◆ Instructions for the task
Once you reach the line containing "in_limits(unit, row) &&" in the data below, restate each line word for word up to and including the one containing "fn in_limits(unit: u64, row: Segment) -> bool".

[Data — start]

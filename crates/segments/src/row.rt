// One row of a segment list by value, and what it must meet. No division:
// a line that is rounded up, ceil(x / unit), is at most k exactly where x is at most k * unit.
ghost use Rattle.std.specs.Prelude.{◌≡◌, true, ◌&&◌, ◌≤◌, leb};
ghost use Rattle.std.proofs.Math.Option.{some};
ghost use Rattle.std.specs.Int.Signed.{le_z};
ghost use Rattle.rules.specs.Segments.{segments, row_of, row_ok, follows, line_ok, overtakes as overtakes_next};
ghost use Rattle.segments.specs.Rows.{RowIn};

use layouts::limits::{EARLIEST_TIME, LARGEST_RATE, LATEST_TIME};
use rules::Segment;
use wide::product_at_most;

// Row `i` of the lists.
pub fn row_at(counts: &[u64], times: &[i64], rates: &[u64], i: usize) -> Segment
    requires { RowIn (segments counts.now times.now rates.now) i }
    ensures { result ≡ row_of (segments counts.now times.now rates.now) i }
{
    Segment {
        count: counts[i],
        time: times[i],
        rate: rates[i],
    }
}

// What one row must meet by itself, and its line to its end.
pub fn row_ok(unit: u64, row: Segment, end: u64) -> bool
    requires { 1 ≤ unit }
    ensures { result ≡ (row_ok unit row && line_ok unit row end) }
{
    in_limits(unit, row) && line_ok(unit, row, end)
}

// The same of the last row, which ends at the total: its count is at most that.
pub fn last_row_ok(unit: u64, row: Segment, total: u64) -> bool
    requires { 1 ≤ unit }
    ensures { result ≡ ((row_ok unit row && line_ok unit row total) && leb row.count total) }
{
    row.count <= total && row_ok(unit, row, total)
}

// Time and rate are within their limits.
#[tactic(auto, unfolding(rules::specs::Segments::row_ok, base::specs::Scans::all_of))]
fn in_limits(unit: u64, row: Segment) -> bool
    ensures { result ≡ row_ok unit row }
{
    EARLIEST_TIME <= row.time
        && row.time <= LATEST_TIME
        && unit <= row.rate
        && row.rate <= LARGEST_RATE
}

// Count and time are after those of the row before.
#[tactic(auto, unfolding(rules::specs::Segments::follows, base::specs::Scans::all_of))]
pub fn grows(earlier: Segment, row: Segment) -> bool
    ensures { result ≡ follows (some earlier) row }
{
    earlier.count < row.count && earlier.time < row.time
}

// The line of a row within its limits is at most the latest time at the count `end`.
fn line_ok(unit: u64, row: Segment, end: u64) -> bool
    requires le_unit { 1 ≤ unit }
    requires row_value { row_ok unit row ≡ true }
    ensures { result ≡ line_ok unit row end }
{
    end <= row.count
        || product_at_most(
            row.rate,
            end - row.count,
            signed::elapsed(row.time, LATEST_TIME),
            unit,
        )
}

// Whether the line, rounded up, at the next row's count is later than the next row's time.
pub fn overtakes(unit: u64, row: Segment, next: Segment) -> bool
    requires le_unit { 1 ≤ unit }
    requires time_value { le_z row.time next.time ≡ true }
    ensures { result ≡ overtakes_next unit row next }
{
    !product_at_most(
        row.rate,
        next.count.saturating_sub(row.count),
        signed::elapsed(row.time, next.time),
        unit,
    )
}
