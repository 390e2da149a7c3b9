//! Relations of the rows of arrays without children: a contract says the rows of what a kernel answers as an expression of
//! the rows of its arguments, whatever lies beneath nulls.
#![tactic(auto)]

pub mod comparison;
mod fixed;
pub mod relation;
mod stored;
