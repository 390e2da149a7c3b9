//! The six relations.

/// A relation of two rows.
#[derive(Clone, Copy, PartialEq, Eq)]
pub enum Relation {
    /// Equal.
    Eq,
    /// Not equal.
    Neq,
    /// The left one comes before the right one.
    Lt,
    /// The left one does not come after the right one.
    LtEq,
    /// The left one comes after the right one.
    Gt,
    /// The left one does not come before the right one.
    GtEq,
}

[Data — finish]

◆ Result
    in_limits(unit, row) && line_ok(unit, row, end)
}

// The same of the last row, which ends at the total: its count is at most that.
pub fn last_row_ok(unit: u64, row: Segment, total: u64) -> bool
    requires { 1 ≤ unit }
    ensures { result ≡ ((row_ok unit row && line_ok unit row total) && leb row.count total) }
{
    row.count <= total && row_ok(unit, row, total)
}

// Time and rate are within their limits.
#[tactic(auto, unfolding(rules::specs::Segments::row_ok, base::specs::Scans::all_of))]
fn in_limits(unit: u64, row: Segment) -> bool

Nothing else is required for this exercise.